#### Your task
Only lines with the word "round" belong in the answer; copy them from the records below.

Segment Open

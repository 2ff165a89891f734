//! Traces as in `rule_rows`, of the rules on write data and on answers.

use super::rule_rows::RuleRow;

/// Rules 9 and 10: the n-th burst of W beats is the data of the n-th address.
pub(super) static DATA: [RuleRow; 15] = [
    // two beats
    RuleRow {
        trace: "1 0 axi 4 +0,0,1,2,1,0,0:0:0 - - - -
2 0 axi 4 - +00000000,f,0,0:0:0 - - -
3 0 axi 4 - +00000000,f,1,0:0:0 - - -
",
        breaks: None,
    },
    // last too early
    RuleRow {
        trace: "1 0 axi 4 +0,0,1,2,1,0,0:0:0 - - - -
2 0 axi 4 - +00000000,f,1,0:0:0 - - -
",
        breaks: Some((2, 9)),
    },
    // last too late
    RuleRow {
        trace: "1 0 axi 4 +0,0,1,2,1,0,0:0:0 - - - -
2 0 axi 4 - +00000000,f,0,0:0:0 - - -
3 0 axi 4 - +00000000,f,0,0:0:0 - - -
",
        breaks: Some((2, 9)),
    },
    // in order
    RuleRow {
        trace: "1 0 axi 4 +1,0,0,2,1,0,0:0:0 - - - -
2 0 axi 4 +0,0,1,2,1,0,0:0:0 - - - -
3 0 axi 4 - +00000000,f,1,0:0:0 - - -
4 0 axi 4 - +00000000,f,0,0:0:0 - - -
5 0 axi 4 - +00000000,f,1,0:0:0 - - -
",
        breaks: None,
    },
    // out of order
    RuleRow {
        trace: "1 0 axi 4 +1,0,0,2,1,0,0:0:0 - - - -
2 0 axi 4 +0,0,1,2,1,0,0:0:0 - - - -
3 0 axi 4 - +00000000,f,0,0:0:0 - - -
",
        breaks: Some((2, 9)),
    },
    // data first
    RuleRow {
        trace: "1 0 axi 4 - +00000000,f,0,0:0:0 - - -
2 0 axi 4 - +00000000,f,1,0:0:0 - - -
3 0 axi 4 +0,0,1,2,1,0,0:0:0 - - - -
",
        breaks: None,
    },
    // data first, last too early
    RuleRow {
        trace: "1 0 axi 4 - +00000000,f,1,0:0:0 - - -
2 0 axi 4 +0,0,1,2,1,0,0:0:0 - - - -
",
        breaks: Some((2, 9)),
    },
    // data first, last too late
    RuleRow {
        trace: "1 0 axi 4 - +00000000,f,0,0:0:0 - - -
2 0 axi 4 - +00000000,f,0,0:0:0 - - -
3 0 axi 4 +0,0,1,2,1,0,0:0:0 - - - -
",
        breaks: Some((2, 9)),
    },
    // data first, in order
    RuleRow {
        trace: "1 0 axi 4 - +00000000,f,1,0:0:0 - - -
2 0 axi 4 - +00000000,f,0,0:0:0 - - -
3 0 axi 4 +1,0,0,2,1,0,0:0:0 - - - -
4 0 axi 4 - +00000000,f,1,0:0:0 - - -
5 0 axi 4 +0,0,1,2,1,0,0:0:0 - - - -
",
        breaks: None,
    },
    // data first, out of order
    RuleRow {
        trace: "1 0 axi 4 - +00000000,f,0,0:0:0 - - -
2 0 axi 4 - +00000000,f,1,0:0:0 - - -
3 0 axi 4 - +00000000,f,1,0:0:0 - - -
4 0 axi 4 +1,0,0,2,1,0,0:0:0 - - - -
",
        breaks: Some((2, 9)),
    },
    // valid lanes alone
    RuleRow {
        trace: "1 0 axi 4 +0,3,1,2,1,0,0:0:0 - - - -
2 0 axi 4 - +00000000,8,0,0:0:0 - - -
3 0 axi 4 - +00000000,f,1,0:0:0 - - -
",
        breaks: None,
    },
    // no strobe
    RuleRow {
        trace: "1 0 axi 4 +0,3,1,2,1,0,0:0:0 - - - -
2 0 axi 4 - +00000000,8,0,0:0:0 - - -
3 0 axi 4 - +00000000,0,1,0:0:0 - - -
",
        breaks: None,
    },
    // below the first lane
    RuleRow {
        trace: "1 0 axi 4 +0,3,1,2,1,0,0:0:0 - - - -
2 0 axi 4 - +00000000,4,0,0:0:0 - - -
",
        breaks: Some((2, 10)),
    },
    // told with the address
    RuleRow {
        trace: "1 0 axi 4 - +00000000,4,0,0:0:0 - - -
2 0 axi 4 - +00000000,f,1,0:0:0 - - -
3 0 axi 4 +0,3,1,2,1,0,0:0:0 - - - -
",
        breaks: Some((2, 10)),
    },
    // the least of two rules of data
    RuleRow {
        trace: "1 0 axi 4 +0,3,1,2,1,0,0:0:0 - - - -
2 0 axi 4 - +00000000,4,1,0:0:0 - - -
",
        breaks: Some((2, 9)),
    },
];

/// Rules 8, 11 and 12: what answers.
pub(super) static ANSWERS: [RuleRow; 20] = [
    // one round later
    RuleRow {
        trace: "1 0 axi 4 +2,0,0,2,1,0,0:0:0 - - - -
2 0 axi 4 - +00000000,f,1,0:0:0 - - -
3 0 axi 4 - - +2,0,0:0:0 - -
",
        breaks: None,
    },
    // a response after data that came first
    RuleRow {
        trace: "1 0 axi 4 - +00000000,f,1,0:0:0 - - -
2 0 axi 4 +2,0,0,2,1,0,0:0:0 - - - -
3 0 axi 4 - - +2,0,0:0:0 - -
",
        breaks: None,
    },
    // in the round of the data
    RuleRow {
        trace: "1 0 axi 4 +2,0,0,2,1,0,0:0:0 - - - -
2 0 axi 4 - +00000000,f,1,0:0:0 +2,0,0:0:0 - -
",
        breaks: Some((3, 11)),
    },
    // before the data
    RuleRow {
        trace: "1 0 axi 4 +2,0,0,2,1,0,0:0:0 - - - -
2 0 axi 4 - - +2,0,0:0:0 - -
",
        breaks: Some((3, 11)),
    },
    // without an address
    RuleRow {
        trace: "1 0 axi 4 - +00000000,f,1,0:0:0 - - -
2 0 axi 4 - - +2,0,0:0:0 - -
",
        breaks: Some((3, 11)),
    },
    // IDs in any order
    RuleRow {
        trace: "1 0 axi 4 +3,0,0,2,1,0,0:0:0 +00000000,f,1,0:0:0 - - -
2 0 axi 4 +2,0,0,2,1,0,0:0:0 +00000000,f,1,0:0:0 - - -
3 0 axi 4 - - +2,0,0:0:0 - -
4 0 axi 4 - - +3,0,0:0:0 - -
",
        breaks: None,
    },
    // twice
    RuleRow {
        trace: "1 0 axi 4 +3,0,0,2,1,0,0:0:0 +00000000,f,1,0:0:0 - - -
2 0 axi 4 +2,0,0,2,1,0,0:0:0 +00000000,f,1,0:0:0 - - -
3 0 axi 4 - - +2,0,0:0:0 - -
4 0 axi 4 - - +2,0,0:0:0 - -
",
        breaks: Some((3, 11)),
    },
    // EXOKAY on B
    RuleRow {
        trace: "1 0 axi 4 +2,0,0,2,1,0,0:0:0 +00000000,f,1,0:0:0 - - -
2 0 axi 4 - - +2,1,0:0:0 - -
",
        breaks: Some((3, 8)),
    },
    // EXOKAY on R
    RuleRow {
        trace: "1 0 axi 4 - - - +1,0,0,2,1,0,0:0:0 -
2 0 axi 4 - - - - +1,00000000,1,1,0:0:0
",
        breaks: Some((5, 8)),
    },
    // SLVERR
    RuleRow {
        trace: "1 0 axi 4 +2,0,0,2,1,0,0:0:0 +00000000,f,1,0:0:0 - - -
2 0 axi 4 - - +2,2,0:0:0 - -
",
        breaks: None,
    },
    // DECERR
    RuleRow {
        trace: "1 0 axi 4 +2,0,0,2,1,0,0:0:0 +00000000,f,1,0:0:0 - - -
2 0 axi 4 - - +2,3,0:0:0 - -
",
        breaks: None,
    },
    // a read beat one round later
    RuleRow {
        trace: "1 0 axi 4 - - - +1,0,0,2,1,0,0:0:0 -
2 0 axi 4 - - - - +1,00000000,0,1,0:0:0
",
        breaks: None,
    },
    // in the round of the address
    RuleRow {
        trace: "1 0 axi 4 - - - +1,0,0,2,1,0,0:0:0 =1,00000000,0,1,0:0:0
",
        breaks: Some((5, 11)),
    },
    // a beat too many
    RuleRow {
        trace: "1 0 axi 4 - - - +1,0,0,2,1,0,0:0:0 -
2 0 axi 4 - - - - +1,00000000,0,1,0:0:0
3 0 axi 4 - - - - +1,00000000,0,1,0:0:0
",
        breaks: Some((5, 11)),
    },
    // of another ID
    RuleRow {
        trace: "1 0 axi 4 - - - +1,0,0,2,1,0,0:0:0 -
2 0 axi 4 - - - - +2,00000000,0,1,0:0:0
",
        breaks: Some((5, 11)),
    },
    // RLAST too late
    RuleRow {
        trace: "1 0 axi 4 - - - +1,0,1,2,1,0,0:0:0 -
2 0 axi 4 - - - - +1,00000000,0,0,0:0:0
3 0 axi 4 - - - - +1,00000000,0,0,0:0:0
",
        breaks: Some((5, 12)),
    },
    // RLAST too early
    RuleRow {
        trace: "1 0 axi 4 - - - +1,0,1,2,1,0,0:0:0 -
2 0 axi 4 - - - - +1,00000000,0,1,0:0:0
",
        breaks: Some((5, 12)),
    },
    // two IDs
    RuleRow {
        trace: "1 0 axi 4 - - - +1,0,1,2,1,0,0:0:0 -
2 0 axi 4 - - - +2,0,0,2,1,0,0:0:0 -
3 0 axi 4 - - - - +1,00000000,0,0,0:0:0
4 0 axi 4 - - - - +2,00000000,0,1,0:0:0
5 0 axi 4 - - - - +1,00000000,0,1,0:0:0
",
        breaks: None,
    },
    // one ID in order
    RuleRow {
        trace: "1 0 axi 4 - - - +1,0,0,2,1,0,0:0:0 -
2 0 axi 4 - - - +1,0,1,2,1,0,0:0:0 -
3 0 axi 4 - - - - +1,00000000,0,1,0:0:0
4 0 axi 4 - - - - +1,00000000,0,0,0:0:0
5 0 axi 4 - - - - +1,00000000,0,1,0:0:0
",
        breaks: None,
    },
    // one ID out of order
    RuleRow {
        trace: "1 0 axi 4 - - - +1,0,0,2,1,0,0:0:0 -
2 0 axi 4 - - - +1,0,1,2,1,0,0:0:0 -
3 0 axi 4 - - - - +1,00000000,0,0,0:0:0
",
        breaks: Some((5, 12)),
    },
];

Segment Closed

#### Written answer
    // one round later
    // in the round of the data
    // a read beat one round later
    // in the round of the address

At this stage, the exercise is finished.